Data for the task »
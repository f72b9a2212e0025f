//! The index file.

ghost use Rattle.std.specs.Prelude.{◌≤◌, IfOk, length};
ghost use Rattle.loc_spec_index.specs.Content.{Content};
ghost use Rattle.loc_indexed.specs.IndexBytes.{IsIndexFile};
ghost use Rattle.loc_laws_index.specs.IndexReading.{AreBytes, reading};
ghost use Rattle.loc_course.specs.Courses.{Course};
ghost use Rattle.loc_course.specs.Following.{Moment};
ghost use Rattle.loc_course.specs.Runs.{GoesOnFiles};
ghost use Rattle.loc_course.specs.Stops.{GoesOn};
ghost use Rattle.loc_indexed.specs.IndexedCourses.{index_course, index_in};
ghost use Rattle.loc_spec_text.specs.Limits.{most_index};
ghost use Rattle.loc_indexed.specs.Verifies.{IsToldFile};

use crate::lines::index_stop_of;
use loc_course::{Stop, read_source};
use loc_file::{Held, read_index};
use loc_io::Shelf;
use loc_spec_text::MOST_INDEX;
use std::alloc::Global;

// What bytes hold.
fn read_index_in(alloc: Global, bytes: &[u8]) -> Result<Held, Stop>
    requires { length bytes.now ≤ most_index }
    ensures goes_on { (next : Content → Course) (m : Moment)
        → GoesOn (index_in (reading bytes.now) next) m (λ held. next held.content) m result }
    ensures small { AreBytes bytes.now }
    ensures file { IfOk result (λ held. IsIndexFile held.content bytes.now) }
{
    match read_index(alloc, bytes) {
        Ok(held) => Ok(held),
        Err(fault) => Err(index_stop_of(fault)),
    }
}

/// Reads an index file. Its bytes are given back when they were read.
pub fn read_index_file<F: Shelf>(alloc: Global, shelf: &mut F, name: &str) -> Result<Held, Stop>
    ensures goes_on { GoesOnFiles (index_course name.now) (λ next held. next held.content) F.meaning shelf result }
    ensures told { IfOk result (λ held. IsToldFile ((F.meaning shelf.old).told name.now) held.content) }
{
    let bytes = read_source(alloc, shelf, name, MOST_INDEX, b"index: too long")?;
    read_index_in(alloc, &bytes)
}
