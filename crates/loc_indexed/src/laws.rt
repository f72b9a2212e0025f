//! What commands on index files come to.

ghost use Rattle.std.specs.Prelude.{◌≡◌, ◌≢◌, ◌⊎◌, ◌<◌, ◌≤◌, Err, List, Ok, codes, false, length, map, ℕ};
ghost use Rattle.loc_spec_text.specs.Bytes.{Text};
ghost use Rattle.loc_io.specs.Meaning.{Told, holds};
ghost use Rattle.loc_io.specs.Streams.{Stream};
ghost use Rattle.loc_spec_asked.specs.declared.Index.TheVariants as by;
ghost use Rattle.loc_spec_text.specs.Points.{ended};
ghost use Rattle.loc_spec_index.specs.declared.IndexFault.{IndexFault as Fault};
ghost use Rattle.loc_spec_index.specs.Content.{Content};
ghost use Rattle.loc_indexed.specs.IndexBytes.{IsIndexFile};
ghost use Rattle.loc_spec_index.specs.TrueIndex.{IsIndexOf, IsTrueIndex};
ghost use Rattle.loc_laws_index.specs.IndexReading.{AreBytes, reading};
ghost use Rattle.loc_rings.specs.Values.{Feature, rings_of};
ghost use Rattle.loc_answering.specs.ByLine.{deep_text};
ghost use Rattle.loc_course.specs.Moments.{Moment};
ghost use Rattle.loc_course.specs.Outcomes.{exactly, outcome, refusal};
ghost use Rattle.loc_course.specs.Sentences.{AtOnce, Ended, IsPlain, MakesNone, MayMake, MayRefuseBehind, SearchesNothing, Sentences};
ghost use Rattle.loc_query.specs.QueryCourses.{points_course};
ghost use Rattle.loc_maps.specs.MapCourses.{LayerFile};
ghost use Rattle.loc_indexed.specs.Building.{build_course};
ghost use Rattle.loc_indexed.specs.Builds.{Builds, Built};
ghost use Rattle.loc_indexed.specs.IndexedCourses.{ask_course, asked_course};
ghost use Rattle.loc_spec_text.specs.Limits.{most_index};
ghost use Rattle.loc_indexed.specs.IndexTexts.{index_fault_text};
ghost use Rattle.loc_indexed.specs.Marked.{marked_course};
ghost use Rattle.loc_indexed.specs.Verifies.{Judged, Verifies};
ghost use Rattle.loc_indexed.specs.Verifying.{verify_course};

/// An index file that is too long or at fault is refused by its line, and any other is asked: a true one as its marks say, and a true one of a
/// layer as a query of the layer with the tree. No file is made. The call does nothing: its contract is the law.
pub fn ask_law()
    ensures too_long { (told : Text → Told) (index points bytes : Text) → told index ≡ holds bytes
        → most_index < length bytes → outcome told (ask_course index points)
        ≡ refusal (exactly (ended (codes "index: too long"))) }
    ensures at_fault { (told : Text → Told) (index points bytes : Text) (fault : Fault) → told index ≡ holds bytes
        → length bytes ≤ most_index → reading bytes ≡ Err fault
        → outcome told (ask_course index points) ≡ refusal (exactly (ended (index_fault_text fault))) }
    ensures asked { (told : Text → Told) (index points bytes : Text) (c : Content) → told index ≡ holds bytes
        → length bytes ≤ most_index → reading bytes ≡ Ok c
        → outcome told (ask_course index points) ≡ outcome told (asked_course points c) }
    ensures reads { (bytes : Text) (c : Content) → AreBytes bytes → IsIndexFile c bytes → reading bytes ≡ Ok c }
    ensures of_true { (points bytes : Text) (c : Content) → IsIndexFile c bytes → IsTrueIndex c
        → asked_course points c ≡ marked_course points c }
    ensures of_layer { (points : Text) (v scale : ℕ) (layer : List Feature) (c : Content)
        → IsIndexOf v scale (map (λ (f : Feature). f.id) layer) (map rings_of layer) c
        → marked_course points c ≡ points_course by.Tree false scale points layer }
    ensures makes_none { (index points : Text) → MakesNone (ask_course index points) }
    ensures refuses_behind { (index points line : Text) → MayRefuseBehind (ask_course index points) line
        → (line ≡ ended (codes "points: too long")) ⊎ ((version : ℕ) × (line ≡ deep_text version)) }
{}

/// What making the index file of a layer leaves, from the course that was followed and from what was built. No file but the index is made, nothing
/// is written on an output, and no steps are counted. The call does nothing: its contract is the law.
pub fn build_law()
    ensures builds { (file : LayerFile) (index : Text) (old new : Moment) (n n' : Stream) (status : ℕ)
        → Ended (build_course file index) old new n n' status → Built file index old.shelf new.shelf status
        → Builds file index old new n n' status }
    ensures at_once { (file : LayerFile) (index : Text) → AtOnce (build_course file index) }
    ensures makes_one { (file : LayerFile) (index name : Text) → name ≢ index → MayMake (build_course file index) name
        → ⊥ }
    ensures searches_nothing { (file : LayerFile) (index : Text) → SearchesNothing (build_course file index) }
{}

/// What judging an index file tells, from the course that was followed and from what was judged. The course writes at once, makes no file and
/// searches nothing. The call does nothing: its contract is the law.
pub fn verify_law()
    ensures verifies { (index : Text) (old new : Moment) (n n' : Stream) (status : ℕ)
        → Sentences (verify_course index) old new n n' status → Judged (old.shelf.told index) status
        → Verifies index old new n n' status }
    ensures plain { (index : Text) → IsPlain (verify_course index) }
    ensures searches_nothing { (index : Text) → SearchesNothing (verify_course index) }
{}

Task details »
Using the entries above, repeat only the lines from the one containing "rings_of layer) c" through the one containing "is written on", end lines included.

Reply »
        → IsIndexOf v scale (map (λ (f : Feature). f.id) layer) (map rings_of layer) c
        → marked_course points c ≡ points_course by.Tree false scale points layer }
    ensures makes_none { (index points : Text) → MakesNone (ask_course index points) }
    ensures refuses_behind { (index points line : Text) → MayRefuseBehind (ask_course index points) line
        → (line ≡ ended (codes "points: too long")) ⊎ ((version : ℕ) × (line ≡ deep_text version)) }
{}

/// What making the index file of a layer leaves, from the course that was followed and from what was built. No file but the index is made, nothing
/// is written on an output, and no steps are counted. The call does nothing: its contract is the law.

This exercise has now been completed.